# check this out- another RPW question (change of the Sabbath day)



## ModernPuritan? (Jun 16, 2008)

the RPW would state that Gods silence or abscense of a command means that the act is prohibited right?

"what is not explicitly commanded is forbidden in public worship
(follow up question after a response or two)


----------



## NaphtaliPress (Jun 16, 2008)

ModernPuritan? said:


> the RPW would state that Gods silence or abscense of a command means that the act is prohibited right?
> 
> "what is not explicitly commanded is forbidden in public worship
> (follow up question after a response or two)


A definition is explained here:
What is the Regulative Principle of Worship - The PuritanBoard

Whence the Regulative Principle of Worship? 2 - The PuritanBoard

and

Whence the Regulative Principle of Worship? 1 - The PuritanBoard


----------



## ModernPuritan? (Jun 16, 2008)

cool, so here is the follow up.

Where Does God explicilty command us to change the sabbath day?


i know of various "on the first day this happened"- but first day then began saturday evening (what we would call saturday evening)

the Lords day- everyday is the Lords, forgive my lack of seminary training but, we interpret John/patmos as Lords day, day of the Lord as sunday, but what is wrong with the idea that perhaps what is meant is "The day when the Lord is gonna destroy satan, bring peace, etc wether it be monday, wednesday, or sunday"

so, if there is no explicit command for changing the sabbath than isnt that kind of hypocritical (for the RPWers) "we cant do christmas or easter because God doesnt command it. Sure we have examples of the Levites playing instruments or david, but that was relegated to the temple part only"

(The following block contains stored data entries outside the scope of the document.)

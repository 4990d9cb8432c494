//! Drawn wires read a controllable variable wherever the place that they are drawn of depends on one. `law_drawing::steered` has the converse, so the early slots of the circuit of a node are its early places.
//!
//! The functions here do nothing: each is a law, which its contract states.
#![tactic(auto)]

ghost use Rattle.law_drawing.specs.Reached.Accepted.{ContractFilledLaw, NodeReadsLaw, PlacesRightLaw, SlotsRightLaw};
ghost use Rattle.law_drawing.specs.Reached.Reached.{AssumptionReachedLaw, ReachedLaw};

/// A free slot of what is drawn of a node that may be early by its role has a wire that reads a controllable variable by some chain where the place of the slot depends on one; and so has the assumption.
pub fn wires_are_reached()
    ensures slots { ReachedLaw }
    ensures assumed { AssumptionReachedLaw }
{}

/// What is asked of a node is met by sound and well named ones, but that no controllable variable is an integer.
pub fn sound_nodes_are_read()
    ensures contracts { ContractFilledLaw }
    ensures nodes { NodeReadsLaw }
{}

/// In a judged program each free slot of the circuit that is drawn of a node is early exactly where its place is, so the places that the circuit has early are the early places of the node.
pub fn early_slots_are_right()
    ensures slots { SlotsRightLaw }
    ensures places { PlacesRightLaw }
{}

not looking for much of a fight- just curious how this all works out.


----------



## JBaldwin (Jun 16, 2008)

Good question


----------



## ModernPuritan? (Jun 16, 2008)

i wonder if i just signed my excommunication papers


----------



## ADKing (Jun 16, 2008)

In order for something to have positive warrant it must fall into at least one of three catagories:

1. express command
2. deduced from good and necessary consequence
3. approved examples

Reformed exegetes have historically understood the change of the sabbath day from the 7th to the 1st to have the force of 2. a deduction from a good and necessary consequence and 3. approved examples. There may also be a positive command to assemble on the first day (I Corinthians 16.2). 

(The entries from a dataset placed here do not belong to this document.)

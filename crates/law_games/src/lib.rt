//! Laws of contracts: the game of a contract is the game of a machine that mirrors its node. Used by `law_drawing`, `law_choices`, `law_decided`.
#![tactic(auto)]

pub mod abstracted;
pub mod forced;
pub mod guaranteed;
pub mod mirror;
pub mod ready_games;
pub mod settled;
pub mod wires;
pub mod wiretyped;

In any case, there is reason for understanding the sabbath to have changed without an express command while still satisfying the burden for meeting the RPW.


----------



## ModernPuritan? (Jun 16, 2008)

ADKing said:


> In order for something to have positive warrant it must fall into at least one of three catagories:
> 
> 1. express command
> 2. deduced from good and necessary consequence
> ...



could you elaborate on how it meets number 2. I hope its not because People are lazy and this is just how its been done.

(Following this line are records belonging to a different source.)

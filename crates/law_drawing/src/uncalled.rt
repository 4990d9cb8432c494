//! What is supposed and owed in the circuit of a node that calls nothing.
//!
//! The functions here do nothing: each is a law, which its contract states.
#![tactic(auto)]

ghost use Rattle.law_drawing.specs.Uncalled.Laws.{UncalledLaw};

/// Where a node calls nothing, its circuit supposes what the node assumes, and owes what it enforces.
pub fn nothing_else_is_owed()
    ensures { UncalledLaw }
{}
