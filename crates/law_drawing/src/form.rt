//! What is drawn of a node of a ready program is a circuit: numbers name wires and slots, and shapes fit.
//!
//! The function here does nothing: it is a law, which its contract states.
#![tactic(auto)]

ghost use Rattle.law_drawing.specs.Form.Laws.{FormLaw};

/// Each circuit that has the lists of what is drawn of a node of a ready program is a circuit.
pub fn drawn_circuits_are_circuits()
    ensures { FormLaw }
{}
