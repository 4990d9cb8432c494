//! Laws: the Boolean abstraction of an accepted program has values that fit, and Nil does not bear on what its contract says.
//!
//! The functions here do nothing: each is a law, which its contract states.
#![tactic(auto)]

ghost use Rattle.law_games.specs.Abstracted.Laws.{AbstractAgreeLaw, AbstractFitsLaw};

/// Each abstract instant of an accepted program fits, over what fits; and where it is not Nil it agrees with the one without Nil.
pub fn abstractions_agree()
    ensures fits { AbstractFitsLaw }
    ensures agree { AbstractAgreeLaw }
{}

one number 3, how do we know that it was changed vs Paul just giving us not space filler but maybe "extra info"

it would seem that God uses/used evening to evening as His method of days or whatever, so how do we know that that on the first day means 10 am sunday morning vs. 7 pm saturday night?

a slightly weaker argument perhaps, but how does saturday to sunday meet 2 and 3. But instruments, holy days, hymnals do not?


----------



## ModernPuritan? (Jun 16, 2008)

im also confused because it would seem that church history atleast up until the Romand catholic invasion that there was a different understanding of wether the sabbath was changed or not. ive provided a few quotes:


> Egypt (Oxyrhynchus Papyrus) (200-250 A.D.)
> "Except ye make the sabbath a real sabbath (sabbatize the Sabbath," Greek), ye shall not see the Father." "The oxyrhynchus Papyri," pt,1, p.3, Logion 2, verso 4-11 (London Offices of the Egypt Exploration Fund, 1898).
> 
> Early Christians-C 3rd
> ...


----------



## Contra_Mundum (Jun 16, 2008)

All those quotes do is demonstrate that the Christian church has _from the beginning_ understood that the Christians too have a Sabbath, a Day of Rest. We are Sabbath-keepers, at least if we take God seriously, if we accept that tis is a moral requirement.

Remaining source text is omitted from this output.